In his upcoming autobiography, An Unsuitable Boy, Bollywood filmmaker Karan Johar has addressed the issue of his sexual orientation without actually saying the three words “that possibly everybody knows about me”. Is this revelation another moment that will widen horizons for gay rights and extend that flicker of hope for all those who have been hiding themselves from the obvious?

Is coming out the need of the hour for the LGBTQ community to enjoy equal rights and live a life of dignity?

“Coming out can never be the need of the hour”, says Dhrubo Jyoti, a LGBTQ activist. “We have to reject this notion of coming out as necessary to our fight for dignity and justice.” This is a far cry from how a leading website has put it, “for the gay movement to steer ahead, we need more people to come out.”

In fact, Jyoti believes that the onus of changing an entire community’s life for the better does not lie on that one person who decides to come out.

There are online spaces like Gaysi and LGBTQ magazines like Gaylaxy that offer the much-needed support and an open forum for queer people to express their choices and identities without the restrictions that their families otherwise impose. This way they also get to share their versatile but important experiences. Jyoti too had taken the aid of social media to interact and collaborate with other queer folks – a platform that offered him a sense of social belongingness. Although coming out is courageous for many, for others, he says, that bravery is in the everyday living with queerness.

“Coming out is never an effective way to think about queer lives. One can never be forced or emotionally bullied into coming out,” Jyoti claims. Certainly not to set an example for others or portray their newly-found courage!

Jyoti’s mother and grandmother, who brought him up in a world unfriendly for queer, are his biggest sources of inspiration. But what inspires him even more are the many queer people themselves, who have shown new ways of care-giving, offered him a chance to know different types of families, and made him believe that an alternate life is possible. They are his heroes; they symbolise bravery for him.

Yet, he is not “brave” enough to come out. Wonder why? The people that he cares about already know that he is queer, and that is enough for him.  He also does not believe in dividing his life into pre- and post-coming-out phases.

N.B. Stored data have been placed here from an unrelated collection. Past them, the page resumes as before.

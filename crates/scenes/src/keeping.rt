//! A scene whose text is kept while its lines are read.

ghost use Rattle.std.specs.Prelude.{◌≡◌, ◌∷◌, ◌++◌, [], IfOk, OnOk, false, map, refl, true};
ghost use Rattle.scene_reader.specs.Names.{plain_line};
ghost use Rattle.scene_follower.specs.Sources.{AreLeftIn, IsWholeScene};
ghost use Rattle.scenes.specs.Kept.{AreKept};

use command_line::fault::Fault;
use run_model::memory::OutOfMemory;
use scene_follower::read::{RunSource, SceneSource};
use scene_reader::reader::{CallSink, LinesRead};
use std::alloc::Global;
use std::io::Read;

/// The text of a scene. The lines that were read of it are kept.
#[derive(Drop)]
pub(crate) struct KeepingSource<R> {
    pub(crate) source: SceneSource<R>,
    /// The lines, each with a line feed after it.
    pub(crate) kept: Vec<u8>,
}

impl<R: Read + Drop> KeepingSource<R> {
    /// The scene in this reader, before its first line.
    pub(crate) fn new(alloc: Global, reader: R) -> Result<KeepingSource<R>, OutOfMemory>
        ensures whole { IfOk result (λ s. IsWholeScene R.remaining reader s.source) }
        ensures kept { IfOk result (λ s. s.kept.items ≡ []) }
    {
        Ok(KeepingSource {
            source: SceneSource::new(alloc, reader)?,
            kept: Vec::new(alloc),
        })
    }
}

// Appends these lines to others, and a line feed, if there are any.
fn keep(kept: &mut Vec<u8>, piece: &[u8], is_more: bool) -> Result<(), OutOfMemory>
    ensures more { is_more ≡ true → OnOk result (kept.new.items ≡ kept.old.items ++ (piece.now ++ 10 ∷ [])) }
    ensures none { is_more ≡ false → kept.new.items ≡ kept.old.items }
{
    if is_more {
        kept.extend_from_slice(piece)?;
        kept.push(b'\n')?;
    }
    Ok(())
}

impl<R: Read> RunSource for KeepingSource<R> {
    // The lines before these texts are the run.
    ghost left = { λ total s texts before lines. AreLeftIn R.remaining s.source texts lines
        × AreKept s.kept.items texts before };

    ghost texts = { λ total s text others before lines h.
        (plain_line text, map plain_line others ++ h.0.0.0, h.0.0.1, refl) };

    fn next_piece<'a>(&mut self, file: &'a str, piece: &mut Vec<u8>) -> Result<bool, Fault<'a>> {
        let is_more = self.source.next_piece(file, piece)?;
        keep(&mut self.kept, piece.as_slice(), is_more)?;
        Ok(is_more)
    }

    #[inline(always)]
    fn pass_line<'a, 't, K: CallSink>(
        &mut self,
        alloc: Global,
        file: &'a str,
        read: &mut LinesRead,
        line: &'t [u8],
        texts: &mut Vec<&'t str>,
        sink: &mut K,
    ) -> Result<(), Fault<'a>> {
        self.source.pass_line(alloc, file, read, line, texts, sink)
    }

    fn pass_large_line<'a, K: CallSink>(
        &mut self,
        alloc: Global,
        file: &'a str,
        read: &mut LinesRead,
        line: Vec<u8>,
        sink: &mut K,
    ) -> Result<(), Fault<'a>> {
        self.source.pass_large_line(alloc, file, read, line, sink)
    }
}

For someone who has lived his life as a queer, Jyoti is willing to take Johar’s word for it and not judge him for not coming out of the closet. However, he believes that queer issues should be addressed and queers represented in Bollywood. “Everyone should be more upfront about it. Not just Johar.”

What needs to really change is the colonial mindset of our legal system that has been trying to repeal Section 377 since 1991. In the 90s, the environment might not have been conducive to having open discussions on homosexuality. Celebs coming out the would have been unimaginable. But 26 years since, the struggle is still on. If the LGBTQ community could come this far without a celeb steering the movement, how does someone having privileges change it now?

In fact, Jyoti is hopeful that in a few years, the law will be repealed. “The time for the law is long up, as the society has changed. And, we aren’t willing to go back,” he says.